No esperaba una cosa perfecta; le vuelvo a decir que sabía que estaba intentando algo imposible, pero esperaba algo mejor. Aquí no hay resuelta ninguna cuestión de futuro serio, ninguna crítica que no parezca una caricatura ya hecha y rehecha, y si algo me asombra es que haya podido usted hacer, como en un arrebato y empujado por algún dios, algo tan penoso, tan poco vivo...
Nuevas teorías sobre su obra aparecieron a finales del año 1994, cuando fue publicada, en Francia, bajo el título Paris au XXe siècle. Nadie pudo imaginar que el llamado «padre de la ciencia ficción» reaparecería más de cien años después, provocando un gran revuelo entre los estudiosos de su obra. Esta novela, autentificada como una de las primeras escritas por Verne, adquirió gran significación para los literatos, así como para la reputación de Verne ante el lector tradicional. La nueva publicación desmiente la conocida imagen de Verne como «apóstol del progreso científico».

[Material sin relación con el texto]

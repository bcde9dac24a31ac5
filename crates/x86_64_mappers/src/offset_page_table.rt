//! The mapper for a memory that is mapped as a whole into the virtual address space, at an offset.
ghost use Rattle.std.specs.Prelude.{◌≡◌, ◌↔◌, IsTrue};
ghost use Rattle.x86_64_model.specs.Hierarchy.{◌laid_in◌, Valid};
ghost use Rattle.x86_64_model.specs.Memory.{identity_places};
ghost use Rattle.x86_64_mappers.specs.Layouts.{direct_at};
ghost use Rattle.x86_64_mappers.specs.Offsets.{offset_places, OffsetFits};

mod phys_offset;

use crate::mapped_page_table::Direct;
use phys_offset::{PhysOffset, reaches_place};
use x86_64_addr::addr::VirtAddrIn;
use x86_64_addr::level_count::{FiveLevels, FourLevels, LevelCount};
use x86_64_page::frame::PhysFrame;
use x86_64_page::page::Size4KiB;
use x86_64_tables::page_tables::Tables;
use x86_64_tables::phys_memory::{PhysMemory, TableMemory};

/// A mapper for a hierarchy of any number of levels of page tables, in a memory that is mapped as a whole into the
/// virtual address space. The virtual address at which it begins is the offset.
///
/// It borrows the memory until it is dropped. Its hierarchy has no recursive index.
pub type OffsetPageTableIn<'a, L, T = PhysMemory> = Direct<'a, PhysOffset<L>, L, T>;

/// An [`OffsetPageTableIn`] with four levels of page tables.
pub type OffsetPageTable<'a, T = PhysMemory> = OffsetPageTableIn<'a, FourLevels, T>;

/// An [`OffsetPageTableIn`] with five levels of page tables.
pub type OffsetPageTable57<'a, T = PhysMemory> = OffsetPageTableIn<'a, FiveLevels, T>;

impl<'a, L: LevelCount, T: TableMemory> Direct<'a, PhysOffset<L>, L, T> {
    /// Creates a mapper for the hierarchy with this root, in a memory that is mapped at an offset.
    ///
    /// Requires that the hierarchy is valid with each frame at the place of its number (a place is the index of a
    /// table in memory), and that the offset fits the memory. The first is tested by
    /// [`is_valid_hierarchy`](x86_64_tables::phys_memory::is_valid_hierarchy), or by
    /// [`is_valid_hierarchy_57`](x86_64_tables::phys_memory::is_valid_hierarchy_57) for five levels, with
    /// [`IdentityMapping`](x86_64_tables::phys_memory::IdentityMapping), and the second by
    /// [`offset_fits`](Self::offset_fits).
    pub fn new(memory: &'a mut T, root: PhysFrame<Size4KiB>, phys_offset: VirtAddrIn<L>) -> Self
        requires valid { Valid (direct_at L.LEVELS identity_places root laid_in T.tables memory.old) }
        requires fits { OffsetFits L.LEVELS (T.tables memory.old) phys_offset }
        ensures lent { (⟦<Self as Tables>⟧.hierarchy result).lent
            ≡ ((memory.entry.ghost_name, T.lent memory.old), phys_offset) }
        ensures memory { (⟦<Self as Tables>⟧.hierarchy result).memory ≡ T.tables memory.old }
        ensures layout { (⟦<Self as Tables>⟧.hierarchy result).layout
            ≡ direct_at L.LEVELS (offset_places L.LEVELS phys_offset) root }
        ensures valid { Valid (⟦<Self as Tables>⟧.hierarchy result) }
    {
        let mapping = PhysOffset::new(phys_offset);
        Direct::over(memory, root, mapping)
    }

    /// Returns true if an offset fits a memory: for the frame of each place, the sum of the offset and of the frame's
    /// address is canonical, and so below 2^64.
    pub fn offset_fits(memory: &T, phys_offset: VirtAddrIn<L>) -> bool
        ensures { IsTrue result ↔ OffsetFits L.LEVELS (T.tables memory.now) phys_offset }
    {
        for n in 0..memory.len() {
            if let Some(place) = memory.place_at(n) {
                if !reaches_place(phys_offset, place) {
                    return false;
                }
            }
        }
        true
    }

    /// Returns the offset that the mapper was created with.
    pub fn phys_offset(&self) -> VirtAddrIn<L>
        ensures offset { result ≡ (⟦<Self as Tables>⟧.hierarchy self.now).lent.1 }
        ensures places { (⟦<Self as Tables>⟧.hierarchy self.now).layout.places
            ≡ offset_places L.LEVELS result }
    {
        self.mapping().offset()
    }
}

El principio de la historia se ubica en París, exactamente el día 13 de agosto de 1960. Ese día, la «Corporación Nacional de Crédito Instruccional» —una moderna versión del viejo Ministerio de Educación creado en 1837 durante el reinado de Napoleón V— celebra su ceremonia anual en la cual se premian los logros académicos alcanzados por los jóvenes graduados franceses. En ediciones anteriores, el gran porcentaje de los estudiantes premiados procedían de disciplinas tales como Matemáticas, Economía, Ingeniería o Ciencias Naturales. La excepción de la regla en el certamen de 1960 resulta ser Michel Jérôme Dufrénoy, un joven estudiante de Literatura, que trata de incursionar ambiciosamente en los terrenos de la poesía y la dramaturgia. Cuando Michel sube al podio a recibir su premio, es abucheado y recibido con numerosos insultos y sarcasmos. Es obvio que Michel es juzgado como un extraño en este mundo de los años sesenta previsto por Verne, que está dominado por el dinero y la ciencia.
París en el siglo XX refleja la amarga experiencia de Michel Dufrenoy en una sociedad masificada, hipertecnificada y estatista, donde los números han vencido a las letras; el latín y el griego han sido borrados de los programas educativos y los árboles se sacrifican para hacer pasta de papel.
Como subraya Piero Gondolo della Riva, nos encontramos ante una obra de juventud y autobiográfica que demuestra que el escepticismo verniano no era un asunto de madurez: «El joven Verne que, bajo la apariencia del protagonista Michel, escribe versos y busca un editor, tiene una visión trágica de las relaciones humanas, de una sociedad donde, si exceptuamos la existencia de algunos amigos, estamos solos... El pesimismo es una constante de Verne y en París en el siglo XX aparece penetrado de un humor devastador y constantemente tonificante. Invita al lector a lanzar por sí mismo una mirada corrosiva sobre el mundo que le rodea». Y no será porque la novela no contenga artefactos del progreso. Aparece el motor de explosión, que Lenoir inventó en 1859 y que Daimler aplicará al automóvil en 1889. Surge el «facsímil», conocido entonces como «Pantelégrafo Caselli» patentado también en 1859. Y como aquel año debió ser provechoso, el procedimiento de Watt y Burgess, que transforma un tronco en papel. Verne conocía el «dernier cri» científico. Avances para un mundo desencantado que el escritor ya percibía.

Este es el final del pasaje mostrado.